Sturm als Bauernopfer?

Am 10.06.2015, dem 209. Verhandlungstag verlangt die Angeklagte Zschäpe die Entpflichtung ihrer Verteidigerin Sturm. Ob und welche Gründe Frau Zschäpe dem Gericht mitgeteilt hat, wissen wir (bisher) nicht. Das Kalkül ist aber durchaus nachvollziehbar, so dass wir wieder einmal spekulieren dürfen.

Nachdem Frau Zschäpe im letzten Jahr mit Ihrem Misstrauensantrag gegen alle drei Verteidiger gescheitert ist, und nachdem bekannt ist, dass sie einen weiteren Rechtsanwalt als ihren „vierten Verteidiger“ bezeichnet, scheint sie nun eine neue Taktik überlegt zu haben, um diesen Rechtsanwalt in das Verfahren zu holen. Frau Zschäpe könnte zwar theoretisch noch drei Wahlverteidiger bestellen, diese würden aber von Staat nicht bezahlt. Die Auswechslung eines einzelnen Anwaltes beeinträchtigt das Verfahren nicht (es hat auch andere Verhandlungstage gegeben, an denen nicht alle drei Verteidiger anwesend waren), insbesondere wenn der in das Verfahren eintretende Anwalt ausdrücklich erklärt, dass er eingearbeitet ist. Ohne Zweifel wird und kann das Gericht einem Antrag auf Entpflichtung eher nachgeben, wenn der Prozess nicht gefährdet ist. Deshalb könnte auch das „Wechselkontingent“ auf einen Anwalt beschränkt sein.

Für uns ist nicht zu erkennen, warum Gründe, die gegen Frau Sturm sprechen könnten, nicht auch gegen die Rechtsanwälte Heer und Stahl sprechen sollten. Die teilweise von der Presse konstatierte Entfremdung drängte sich uns nicht auf. Immerhin war es immer Frau Sturm, die zusammen mit Herrn Heer Zschäpe vor den Kameras abdeckte, wenn sie den Saal betrat. Herr Stahl beteiligte sich an diesem Ritual eigentlich nie. Es scheint fast eher eine pragmatische Entscheidung gewesen zu sein die hier getroffen wurde, da nach außen Rechtsanwalt Heer gerne den Spezialisten in Fragen des Verfahrensrechtes gibt, und Rechtsanwalt Stahl derjenige ist, der – wie er wahrscheinlich meint – Zeugen besonders gut befragen kann. Da aber nur eine Position ausgewechselt werden kann und muss, fiel dann – ohne Rücksicht auf weibliche Solidarität – die Wahl auf Frau Sturm, die nach unseren Beobachtungen ziemlich genau die Aussagen der Zeugen mitprotokolliert hat. (in Vereinen wird die Vorstandsposition des „Schriftführers“ auch gerne von Frauen besetzt).

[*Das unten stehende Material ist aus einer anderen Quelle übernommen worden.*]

//! What the further rows answer, and rows by their numbers, built-in and further.
ghost use Rattle.std.specs.Prelude.{◌≡◌, ◌↔◌, ◌+◌, ◌<◌, ◌≤◌, IfSome, IsTrue, None, Some, length, option_map, slice_get};
ghost use Rattle.std.specs.List.{HoldsAt};
ghost use Rattle.infer.specs.First.{IsFirstOf, SomeHas};
ghost use Rattle.infer.specs.Reading.{ShowsAnswer};
ghost use Rattle.infer.specs.Row.{Accepts};
ghost use Rattle.infer.specs.Table.{table};
ghost use Rattle.infer.specs.Triple.{triple_of};
ghost use Rattle.infer.specs.declared.table.rows.TheConstants.{ROW_COUNT};
ghost use Rattle.infer_more.specs.Ended.{ended_listed, ended_shown};
ghost use Rattle.infer_more.specs.Listed.{row_listed};
ghost use Rattle.infer_more.specs.Table.{further};
ghost use Rattle.infer_more.specs.Wider.{AcceptsAt, IsWidened, IsWider, IsWiderAnswer, parent_at, shown};
ghost use Rattle.infer_more.specs.declared.index.generated.TheConstants.{FURTHER_COUNT};

use crate::index::FURTHER_COUNT;
use crate::index::search::{found, found_parentless};
use crate::row_data::{EndedTexts, FurtherRow, alternatives_of, ended_at, row_at};
use crate::{row_data, signature};
use infer::rows::{ROW_COUNT, numbers as law_numbers};
use infer::{Identify, Type};

/// The number of the wider answer of a buffer whose built-in answer is this.
#[inline(always)]
fn widened(parent: Option<usize>, buf: &[u8]) -> Option<usize>
    ensures { IsWidened parent buf.now result }
{
    match parent {
        Some(row) => Some(found(row, buf)),
        None => found_parentless(buf),
    }
}

/// The number of the wider answer of `buf`, and `None` exactly if no row accepts it.
#[tactic(auto, using(crate::proofs::BelowLemmas::is_wider))]
#[inline(always)]
pub fn position(buf: &[u8]) -> Option<usize>
    ensures wider { IsWider buf.now result }
    ensures bound { IfSome result (λ i. i < ROW_COUNT + FURTHER_COUNT) }
{
    widened(infer::position(buf), buf)
}

/// [`get`] where the number of the built-in answer is known already.
#[tactic(auto, using(crate::proofs::BelowLemmas::is_wider))]
pub fn get_below(parent: Option<usize>, buf: &[u8]) -> Option<Type>
    requires { IsFirstOf (Accepts buf.now) table parent }
    ensures { IsWiderAnswer buf.now (option_map triple_of result) }
{
    let found = widened(parent, buf)?;
    row(found)
}

/// The type of the wider answer of `buf`, and `None` exactly if no row accepts it.
///
/// ```
/// let found = infer_more::get(b"{\"name\": 1}").ok_or("JSON")?;
/// assert_eq!(rt; found.mime_type(), "application/json");
/// ```
pub fn get(buf: &[u8]) -> Option<Type>
    ensures { IsWiderAnswer buf.now (option_map triple_of result) }
{
    get_below(infer::position(buf), buf)
}

/// Asks for the type of the wider answer.
pub struct Wider;

impl Identify for Wider {
    type Answer = Option<Type>;

    ghost identifies = { λ _. ShowsAnswer IsWiderAnswer };

    fn identify(&self, bytes: &[u8]) -> Option<Type> {
        get(bytes)
    }
}

/// A type keeps no matcher, so it is given one that accepts nothing.
fn never(_buf: &[u8]) -> bool {
    false
}

/// The type of a further row.
fn type_of(row: &FurtherRow) -> Type
    ensures { triple_of result ≡ (row_listed row.now).shows }
{
    Type::new(
        row.matcher_type,
        row_data::mime_type(row),
        row_data::extension(row),
        never,
    )
}

/// The type of further row `i`, counted among these.
#[inline(never)]
fn further_type(i: usize) -> Option<Type>
    ensures { option_map triple_of result ≡ option_map (λ r. r.shows) (slice_get further i) }
{
    match row_at(i) {
        Some(row) => Some(type_of(row)),
        None => None,
    }
}

/// The type of row `i`, built-in or further, and `None` from the sum of `ROW_COUNT` and [`FURTHER_COUNT`] on.
#[tactic(auto, using(crate::proofs::ShownLemmas::shown_built_in, crate::proofs::ShownLemmas::shown_further))]
#[inline(always)]
pub fn row(i: usize) -> Option<Type>
    ensures { option_map triple_of result ≡ slice_get shown i }
{
    law_numbers();
    if i < ROW_COUNT {
        return infer::row(i);
    }
    further_type(i - ROW_COUNT)
}

/// The texts of further row `i`, each with a zero after it, and `None` of any other number.
#[tactic(auto, using(crate::proofs::ShownLemmas::shown_further))]
pub fn ended_texts(i: usize) -> Option<EndedTexts>
    ensures built_in { i < ROW_COUNT → result ≡ None }
    ensures further { ROW_COUNT ≤ i → option_map ended_listed result
        ≡ option_map ended_shown (slice_get shown i) }
{
    law_numbers();
    if i < ROW_COUNT {
        return None;
    }
    ended_at(i - ROW_COUNT)
}

/// The number of the built-in row that is the parent of further row `i`, and `None` if it has none or is no further row.
pub fn parent(i: usize) -> Option<usize>
    ensures { result ≡ parent_at i }
{
    if i < ROW_COUNT {
        return None;
    }
    match row_at(i - ROW_COUNT) {
        Some(row) => row.parent,
        None => None,
    }
}

/// Whether the signature of row `i`, built-in or further, accepts `buf`, which need not be the answer. A further row's
/// parent is not asked.
pub fn accepts(buf: &[u8], i: usize) -> bool
    ensures { IsTrue result ↔ AcceptsAt buf.now i }
{
    if i < ROW_COUNT {
        return infer::accepts(buf, i);
    }
    match row_at(i - ROW_COUNT) {
        Some(row) => signature::accepts(alternatives_of(row), buf),
        None => false,
    }
}

/// Whether the texts are the same.
fn is_same(a: &str, b: &str) -> bool
    ensures { IsTrue result ↔ (a.now ≡ b.now) }
{
    a == b
}

/// Whether further row `i` has this extension.
#[tactic(auto, using(crate::proofs::RowLemmas::has_no_row, crate::proofs::RowLemmas::has_row))]
fn shows_extension(i: usize, extension: &str) -> bool
    ensures { IsTrue result ↔ ((i < length further)
        × HoldsAt (λ r. r.shows.extension ≡ extension.now) further i) }
{
    match row_at(i) {
        Some(row) => is_same(row_data::extension(row), extension),
        None => false,
    }
}

/// Whether some further row has this extension.
pub fn has_extension(extension: &str) -> bool
    ensures { IsTrue result ↔ SomeHas (λ r. r.shows.extension ≡ extension.now) further }
{
    for i in 0..FURTHER_COUNT {
        if shows_extension(i, extension) {
            return true;
        }
    }
    false
}

/// Whether further row `i` has this MIME type.
#[tactic(auto, using(crate::proofs::RowLemmas::has_no_row, crate::proofs::RowLemmas::has_row))]
fn shows_mime_type(i: usize, mime_type: &str) -> bool
    ensures { IsTrue result ↔ ((i < length further)
        × HoldsAt (λ r. r.shows.mime_type ≡ mime_type.now) further i) }
{
    match row_at(i) {
        Some(row) => is_same(row_data::mime_type(row), mime_type),
        None => false,
    }
}

/// Whether some further row has this MIME type.
pub fn has_mime_type(mime_type: &str) -> bool
    ensures { IsTrue result ↔ SomeHas (λ r. r.shows.mime_type ≡ mime_type.now) further }
{
    for i in 0..FURTHER_COUNT {
        if shows_mime_type(i, mime_type) {
            return true;
        }
    }
    false
}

Der Schritt von Zschäpe korrespondiert mit den kolportierten Äußerungen, die sie gegenüber einem Sachverständigen gemacht haben soll, danach fällt ihr das Schweigen schwer, es ist aber evident, dass alle drei bisherigen Verteidiger Frau Zschäpe auch weiter zur Prozessstrategie des „Schweigens“ geraten haben. Immerhin war es Frau Sturm, die schon nach dem ersten Verhandlungstag im Mai 2013 über Frau Zschaepe erklärte:Sie möchte auch endlich, dass bestimmte Sachen klargestellt werden.“. Ob Frau Zschäpe mit Hilfe eines neuen Verteidigers tatsächlich eine Einlassung zur Sache oder „Klarstellungen“ vorbereiten will, wissen wir natürlich nicht, es könnte aber in dieser Richtung spannend werden.

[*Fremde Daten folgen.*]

use crate::decided::is_stable;
use crate::index::search::{has_byte, least_widening, may_have_name, span_picked};
use crate::index::{
    Below, ByLead, Entry, FURTHER_COUNT, Named, Parentless, Spot, all_by_lead, way_below,
};
use crate::more_bytes::may_become_accepted;
use crate::row_data::{
    Alternative, Bytes, FurtherRow, Piece, alternatives_of, asked, pieces_of, relation_at, row_at,
};
use crate::signature;
use infer::rows::{ROW_COUNT, numbers as law_numbers};
use infer_evidence::{
    AsPart, Claim, Evidence, MOST_RANGES, Part, Range, Set, accept, fits, refuse, shortest_front,
};
use infer_formats::markup::{Root, decides_root, root_of};

impl AsPart for Piece {
    ghost asks = { HasPiece };

    fn part(&self) -> Part {
        infer_sig::laws::by_place();
        match self {
            Piece::OneOf(place, bytes) => Part::Byte(*place, Set::AnyOf(asked(*bytes))),
            Piece::At(place, text) => Part::Text(*place, asked(*text)),
            Piece::Between(place, low, high) => Part::Byte(*place, Set::Between(*low, *high)),
        }
    }
}

/// Whether the front decides that the row accepts, or that it does not.
fn front_decides(row: &FurtherRow, accepts: bool, front: &[u8]) -> bool
    requires closed { IsTrue (is_row_closed (row_listed row.now)) }
    requires sound { IsTrue (is_row_sound (row_listed row.now)) }
    ensures { IsTrue result → IsSignatureDecided (row_listed row.now).signature front.now }
{
    if accepts {
        return is_stable(row, front);
    }
    !may_become_accepted(alternatives_of(row), front)
}

/// A claim about the further row with this number: of one that accepts the buffer that it does whatever follows, and of
/// another that no more bytes make it.
#[derive(Drop)]
struct Acceptance {
    i: usize,
    accepts: bool,
}

impl Claim for Acceptance {
    ghost decides = { λ s front. IsRowDecided s.i front };

    #[tactic(auto, using(crate::proofs::NamedLemmas::row_passes, crate::proofs::TableLemmas::all_sound))]
    fn is_decided_by(&self, front: &[u8]) -> bool {
        match row_at(self.i) {
            Some(row) => front_decides(row, self.accepts, front),
            None => true,
        }
    }
}

/// The claim what the root element of markup is, whatever follows.
struct RootClaim;

impl Claim for RootClaim {
    ghost decides = { λ s front. DecidesRoot front };

    fn is_decided_by(&self, front: &[u8]) -> bool {
        decides_root(front)
    }
}

/// The root element of a buffer, and the length of the shortest front that decides it. It is read once for all rows that ask
/// for one.
#[derive(Drop)]
struct RootRead<'a> {
    root: Option<Root<'a>>,
    front: Option<usize>,
}

fn read_root<'a>(parent: Option<usize>, buf: &'a [u8]) -> RootRead<'a>
    ensures { IsRootRead result buf.now }
{
    RootRead {
        root: root_of(buf),
        front: root_front(parent, buf),
    }
}

/// The length of that front. Without a parent no row asks for a root element of a buffer that begins otherwise.
fn root_front(parent: Option<usize>, buf: &[u8]) -> Option<usize>
    ensures { IfSome result (λ n. (n ≤ length buf.now) × DecidesRoot (take n buf.now)) }
{
    if parent.is_none() && !may_have_name(buf) {
        return None;
    }
    shortest_front(&RootClaim, buf)
}

/// Whether a buffer with this root element, or with none, has what the alternative asks. `None` if that does not decide it.
fn fits_root(alternative: &Alternative, root: &Option<Root<'_>>) -> Option<bool>
    ensures { IfSome result (DecidesByRoot root.now (Fits (alternative_listed alternative.now))) }
{
    match alternative {
        Alternative::Related(number) => relation_at(*number).of_root(root),
        _ => None,
    }
}

/// Whether it has what one of the alternatives asks.
fn accepts_root(signature: &[Alternative], root: &Option<Root<'_>>) -> Option<bool>
    ensures { IfSome result (DecidesByRoot root.now (Accepted (signature_listed signature.now))) }
{
    let mut accepts = false;
    for alternative in signature {
        accepts |= fits_root(alternative, root)?;
    }
    Some(accepts)
}

/// Asks for the front, of that length, which decides whether the row accepts, and for the whole buffer if there is none.
fn ask_front(front: Option<usize>, told: &Acceptance, buf: &[u8], evidence: &mut Evidence)
    requires { IfSome front (λ n. (n ≤ length buf.now) × IsRowDecided told.now.i (take n buf.now)) }
    ensures proves { Proves evidence.old evidence.new buf.now (IsAlikeAt told.now.i buf.now) }
    ensures inside { IsOf evidence.old buf.now → IsOf evidence.new buf.now }
{
    match front {
        Some(len) => evidence.ask_front(Range::new(0, len, number(told.i)), told.accepts),
        None => {
            evidence.ask_front(Range::new(0, buf.len(), number(told.i)), told.accepts);
            evidence.ask_exact();
        }
    }
}

/// Whether the whole buffer is asked for, with its length.
fn is_whole(buf: &[u8], evidence: &Evidence) -> bool
    ensures { IsTrue result → (c : List ℕ) → AgreesOn evidence.now buf.now c → c ≡ buf.now }
{
    if evidence.front() < buf.len() {
        return false;
    }
    evidence.is_exact()
}

/// Whether the bytes at the front that are asked for already decide that the row does not accept the buffer.
fn refused_already(told: &Acceptance, buf: &[u8], evidence: &Evidence) -> bool
    ensures { IsTrue result → (c : List ℕ) → IsBuffer c → AgreesOn evidence.now buf.now c
        → IsAlikeAt told.now.i buf.now c }
{
    if told.accepts {
        return false;
    }
    if is_whole(buf, evidence) {
        return true;
    }
    told.is_decided_by(&buf[..evidence.front().min(buf.len())])
}

/// The number of a further row among all.
fn number(i: usize) -> Option<usize>
    ensures { i < FURTHER_COUNT → result ≡ Some (ROW_COUNT + i) }
{
    if i < FURTHER_COUNT {
        Some(ROW_COUNT + i)
    } else {
        None
    }
}

/// The first alternative of bytes at fixed places that the buffer has.
fn bytes_held<'a>(signature: &'a [Alternative], buf: &[u8]) -> Option<&'a Bytes>
    ensures { IfSome result (λ held. HasBytes buf.now held.now
        × Any (λ a. a ≡ listed.Bytes held.now) signature.now) }
{
    for alternative in signature {
        if let Alternative::Bytes(bytes) = alternative
            && fits(bytes.least, pieces_of(bytes), buf)
        {
            return Some(bytes);
        }
    }
    None
}

/// Whether each alternative asks for bytes at fixed places alone, none of which the buffer has.
fn lacks_bytes(signature: &[Alternative], buf: &[u8]) -> bool
    ensures { IsTrue result → All (LacksBytes buf.now) signature.now }
{
    for alternative in signature {
        match alternative {
            Alternative::Bytes(bytes) if !fits(bytes.least, pieces_of(bytes), buf) => {}
            _ => return false,
        }
    }
    true
}

/// Asks for that by which the buffer lacks the bytes of an alternative.
fn refuse_bytes(alternative: &Alternative, i: usize, buf: &[u8], evidence: &mut Evidence)
    requires { LacksBytes buf.now alternative.now }
    ensures proves { Proves evidence.old evidence.new buf.now (λ c. LacksBytes c alternative.now) }
    ensures inside { IsOf evidence.old buf.now → IsOf evidence.new buf.now }
{
    if let Alternative::Bytes(bytes) = alternative {
        refuse(bytes.least, pieces_of(bytes), buf, number(i), evidence);
    }
}

/// Asks for that by which it lacks the bytes of each.
fn refuse_all(signature: &[Alternative], i: usize, buf: &[u8], evidence: &mut Evidence)
    requires { All (LacksBytes buf.now) signature.now }
    ensures proves { Proves evidence.old evidence.new buf.now
        (λ c. All (LacksBytes c) signature.now) }
    ensures inside { IsOf evidence.old buf.now → IsOf evidence.new buf.now }
{
    for alternative in signature {
        refuse_bytes(alternative, i, buf, evidence);
    }
}

/// Whether the row, which has this number among the further ones, accepts the buffer, and asks for what decides it.
#[inline(never)]
fn weigh_row(
    row: &FurtherRow,
    i: usize,
    buf: &[u8],
    read: &RootRead<'_>,
    evidence: &mut Evidence,
) -> bool
    requires rooted { IsRootRead read.now buf.now }
    requires closed { IsTrue (is_row_closed (row_listed row.now)) }
    requires listed { slice_get further i ≡ Some (row_listed row.now) }
    ensures answer { IsTrue result ↔ Accepted (row_listed row.now).signature buf.now }
    ensures proves { Proves evidence.old evidence.new buf.now (IsAlikeAt i buf.now) }
    ensures inside { IsOf evidence.old buf.now → IsOf evidence.new buf.now }
{
    infer_sig::laws::by_place();
    let signature = alternatives_of(row);
    if let Some(bytes) = bytes_held(signature, buf) {
        accept(bytes.least, pieces_of(bytes), buf, number(i), evidence);
        return true;
    }
    if lacks_bytes(signature, buf) {
        refuse_all(signature, i, buf, evidence);
        return false;
    }
    if let Some(accepts) = accepts_root(signature, &read.root) {
        ask_front(read.front, &Acceptance { i, accepts }, buf, evidence);
        return accepts;
    }
    let accepts = signature::accepts(signature, buf);
    let told = Acceptance { i, accepts };
    if !refused_already(&told, buf, evidence) {
        ask_front(shortest_front(&told, buf), &told, buf, evidence);
    }
    accepts
}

Aus unserer Sicht wäre es durchaus zu begrüßen, wenn das Gericht dem Antrag stattgibt und gegebenenfalls ein anderer Rechtsanwalt beigeordnet wird. Käme es dazu, so wäre natürlich auch die Frage der Solidarität der Rechtsanwälte Heer und Stahl mit Ihrer Kollegin Sturm von besonderem Interesse, wie aber auch die Frage, ob ein neuer Verteidiger mit Heer und Stahl zusammenarbeitet.